- Exercise details
Retype each record shown below, leaving every character as it is.
*** Given information Section Begins ***
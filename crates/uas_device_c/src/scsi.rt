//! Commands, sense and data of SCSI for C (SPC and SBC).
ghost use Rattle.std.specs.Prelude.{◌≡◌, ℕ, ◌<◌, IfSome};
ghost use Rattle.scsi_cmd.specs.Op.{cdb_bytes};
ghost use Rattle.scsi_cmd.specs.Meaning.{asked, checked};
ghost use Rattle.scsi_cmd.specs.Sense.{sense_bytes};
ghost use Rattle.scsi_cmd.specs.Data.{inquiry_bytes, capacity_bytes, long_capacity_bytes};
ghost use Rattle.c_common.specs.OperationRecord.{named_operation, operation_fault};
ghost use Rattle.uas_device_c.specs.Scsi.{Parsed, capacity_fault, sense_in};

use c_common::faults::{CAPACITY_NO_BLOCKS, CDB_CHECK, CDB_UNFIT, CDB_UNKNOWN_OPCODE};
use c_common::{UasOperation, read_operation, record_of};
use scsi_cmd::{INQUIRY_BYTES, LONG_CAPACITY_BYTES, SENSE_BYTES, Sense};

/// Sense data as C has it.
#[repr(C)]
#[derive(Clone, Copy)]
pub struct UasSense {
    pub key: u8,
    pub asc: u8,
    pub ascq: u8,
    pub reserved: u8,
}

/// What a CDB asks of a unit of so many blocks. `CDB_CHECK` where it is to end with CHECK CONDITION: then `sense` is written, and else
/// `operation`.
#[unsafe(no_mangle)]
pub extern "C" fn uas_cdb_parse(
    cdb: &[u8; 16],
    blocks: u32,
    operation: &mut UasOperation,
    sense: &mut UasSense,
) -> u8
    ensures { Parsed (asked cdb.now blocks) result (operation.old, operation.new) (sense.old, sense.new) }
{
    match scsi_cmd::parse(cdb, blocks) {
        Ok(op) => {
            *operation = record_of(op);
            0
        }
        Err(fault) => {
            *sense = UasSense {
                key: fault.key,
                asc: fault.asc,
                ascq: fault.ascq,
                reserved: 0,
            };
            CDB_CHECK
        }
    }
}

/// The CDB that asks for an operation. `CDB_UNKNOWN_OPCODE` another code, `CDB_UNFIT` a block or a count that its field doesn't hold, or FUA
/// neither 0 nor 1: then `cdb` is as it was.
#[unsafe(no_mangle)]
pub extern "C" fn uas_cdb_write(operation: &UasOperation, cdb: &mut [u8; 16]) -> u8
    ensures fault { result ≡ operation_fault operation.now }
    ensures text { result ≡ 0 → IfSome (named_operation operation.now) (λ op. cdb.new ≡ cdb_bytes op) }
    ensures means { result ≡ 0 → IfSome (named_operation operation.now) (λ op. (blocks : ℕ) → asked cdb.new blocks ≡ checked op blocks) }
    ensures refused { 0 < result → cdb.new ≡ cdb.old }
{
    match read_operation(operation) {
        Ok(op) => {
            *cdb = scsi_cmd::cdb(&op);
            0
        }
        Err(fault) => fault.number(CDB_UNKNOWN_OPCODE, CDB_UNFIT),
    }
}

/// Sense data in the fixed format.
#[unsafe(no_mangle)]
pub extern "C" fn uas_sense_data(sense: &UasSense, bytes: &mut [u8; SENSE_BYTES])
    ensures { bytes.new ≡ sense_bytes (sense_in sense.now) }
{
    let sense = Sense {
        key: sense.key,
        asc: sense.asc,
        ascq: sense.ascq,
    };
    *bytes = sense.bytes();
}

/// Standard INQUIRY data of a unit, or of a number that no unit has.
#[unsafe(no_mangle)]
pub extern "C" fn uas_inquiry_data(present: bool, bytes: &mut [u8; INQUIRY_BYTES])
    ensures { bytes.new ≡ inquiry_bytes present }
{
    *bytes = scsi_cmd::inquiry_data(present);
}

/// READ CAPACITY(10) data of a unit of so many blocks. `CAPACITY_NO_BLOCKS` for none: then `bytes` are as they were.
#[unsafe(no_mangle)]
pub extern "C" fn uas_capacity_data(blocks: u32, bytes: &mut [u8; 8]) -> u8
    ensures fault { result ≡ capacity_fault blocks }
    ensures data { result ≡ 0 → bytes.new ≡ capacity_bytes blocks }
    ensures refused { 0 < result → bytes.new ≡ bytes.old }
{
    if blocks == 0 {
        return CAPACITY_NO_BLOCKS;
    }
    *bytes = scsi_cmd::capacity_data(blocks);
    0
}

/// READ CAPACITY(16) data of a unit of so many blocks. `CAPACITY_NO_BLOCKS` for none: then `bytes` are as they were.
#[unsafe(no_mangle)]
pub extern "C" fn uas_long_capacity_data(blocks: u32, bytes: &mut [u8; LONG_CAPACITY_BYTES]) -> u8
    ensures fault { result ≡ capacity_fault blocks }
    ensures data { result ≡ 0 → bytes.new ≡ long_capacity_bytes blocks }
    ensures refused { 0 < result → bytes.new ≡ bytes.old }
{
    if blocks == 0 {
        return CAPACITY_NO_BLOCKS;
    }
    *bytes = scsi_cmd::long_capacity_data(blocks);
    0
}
*** Given information Section Ends ***
- Result for this exercise
filename crates/uas_device_c/src/scsi.rt
//! Commands, sense and data of SCSI for C (SPC and SBC).
ghost use Rattle.std.specs.Prelude.{◌≡◌, ℕ, ◌<◌, IfSome};
ghost use Rattle.scsi_cmd.specs.Op.{cdb_bytes};
ghost use Rattle.scsi_cmd.specs.Meaning.{asked, checked};
ghost use Rattle.scsi_cmd.specs.Sense.{sense_bytes};
ghost use Rattle.scsi_cmd.specs.Data.{inquiry_bytes, capacity_bytes, long_capacity_bytes};
ghost use Rattle.c_common.specs.OperationRecord.{named_operation, operation_fault};
ghost use Rattle.uas_device_c.specs.Scsi.{Parsed, capacity_fault, sense_in};

use c_common::faults::{CAPACITY_NO_BLOCKS, CDB_CHECK, CDB_UNFIT, CDB_UNKNOWN_OPCODE};
use c_common::{UasOperation, read_operation, record_of};
use scsi_cmd::{INQUIRY_BYTES, LONG_CAPACITY_BYTES, SENSE_BYTES, Sense};

/// Sense data as C has it.
#[repr(C)]
#[derive(Clone, Copy)]
pub struct UasSense {
    pub key: u8,
    pub asc: u8,
    pub ascq: u8,
    pub reserved: u8,
}

/// What a CDB asks of a unit of so many blocks. `CDB_CHECK` where it is to end with CHECK CONDITION: then `sense` is written, and else
/// `operation`.
#[unsafe(no_mangle)]
pub extern "C" fn uas_cdb_parse(
    cdb: &[u8; 16],
    blocks: u32,
    operation: &mut UasOperation,
    sense: &mut UasSense,
) -> u8
    ensures { Parsed (asked cdb.now blocks) result (operation.old, operation.new) (sense.old, sense.new) }
{
    match scsi_cmd::parse(cdb, blocks) {
        Ok(op) => {
            *operation = record_of(op);
            0
        }
        Err(fault) => {
            *sense = UasSense {
                key: fault.key,
                asc: fault.asc,
                ascq: fault.ascq,
                reserved: 0,
            };
            CDB_CHECK
        }
    }
}

/// The CDB that asks for an operation. `CDB_UNKNOWN_OPCODE` another code, `CDB_UNFIT` a block or a count that its field doesn't hold, or FUA
/// neither 0 nor 1: then `cdb` is as it was.
#[unsafe(no_mangle)]
pub extern "C" fn uas_cdb_write(operation: &UasOperation, cdb: &mut [u8; 16]) -> u8
    ensures fault { result ≡ operation_fault operation.now }
    ensures text { result ≡ 0 → IfSome (named_operation operation.now) (λ op. cdb.new ≡ cdb_bytes op) }
    ensures means { result ≡ 0 → IfSome (named_operation operation.now) (λ op. (blocks : ℕ) → asked cdb.new blocks ≡ checked op blocks) }
    ensures refused { 0 < result → cdb.new ≡ cdb.old }
{
    match read_operation(operation) {
        Ok(op) => {
            *cdb = scsi_cmd::cdb(&op);
            0
        }
        Err(fault) => fault.number(CDB_UNKNOWN_OPCODE, CDB_UNFIT),
    }
}

/// Sense data in the fixed format.
#[unsafe(no_mangle)]
pub extern "C" fn uas_sense_data(sense: &UasSense, bytes: &mut [u8; SENSE_BYTES])
    ensures { bytes.new ≡ sense_bytes (sense_in sense.now) }
{
    let sense = Sense {
        key: sense.key,
        asc: sense.asc,
        ascq: sense.ascq,
    };
    *bytes = sense.bytes();
}

/// Standard INQUIRY data of a unit, or of a number that no unit has.
#[unsafe(no_mangle)]
pub extern "C" fn uas_inquiry_data(present: bool, bytes: &mut [u8; INQUIRY_BYTES])
    ensures { bytes.new ≡ inquiry_bytes present }
{
    *bytes = scsi_cmd::inquiry_data(present);
}

/// READ CAPACITY(10) data of a unit of so many blocks. `CAPACITY_NO_BLOCKS` for none: then `bytes` are as they were.
#[unsafe(no_mangle)]
pub extern "C" fn uas_capacity_data(blocks: u32, bytes: &mut [u8; 8]) -> u8
    ensures fault { result ≡ capacity_fault blocks }
    ensures data { result ≡ 0 → bytes.new ≡ capacity_bytes blocks }
    ensures refused { 0 < result → bytes.new ≡ bytes.old }
{
    if blocks == 0 {
        return CAPACITY_NO_BLOCKS;
    }
    *bytes = scsi_cmd::capacity_data(blocks);
    0
}

/// READ CAPACITY(16) data of a unit of so many blocks. `CAPACITY_NO_BLOCKS` for none: then `bytes` are as they were.
#[unsafe(no_mangle)]
pub extern "C" fn uas_long_capacity_data(blocks: u32, bytes: &mut [u8; LONG_CAPACITY_BYTES]) -> u8
    ensures fault { result ≡ capacity_fault blocks }
    ensures data { result ≡ 0 → bytes.new ≡ long_capacity_bytes blocks }
    ensures refused { 0 < result → bytes.new ≡ bytes.old }
{
    if blocks == 0 {
        return CAPACITY_NO_BLOCKS;
    }
    *bytes = scsi_cmd::long_capacity_data(blocks);
    0
}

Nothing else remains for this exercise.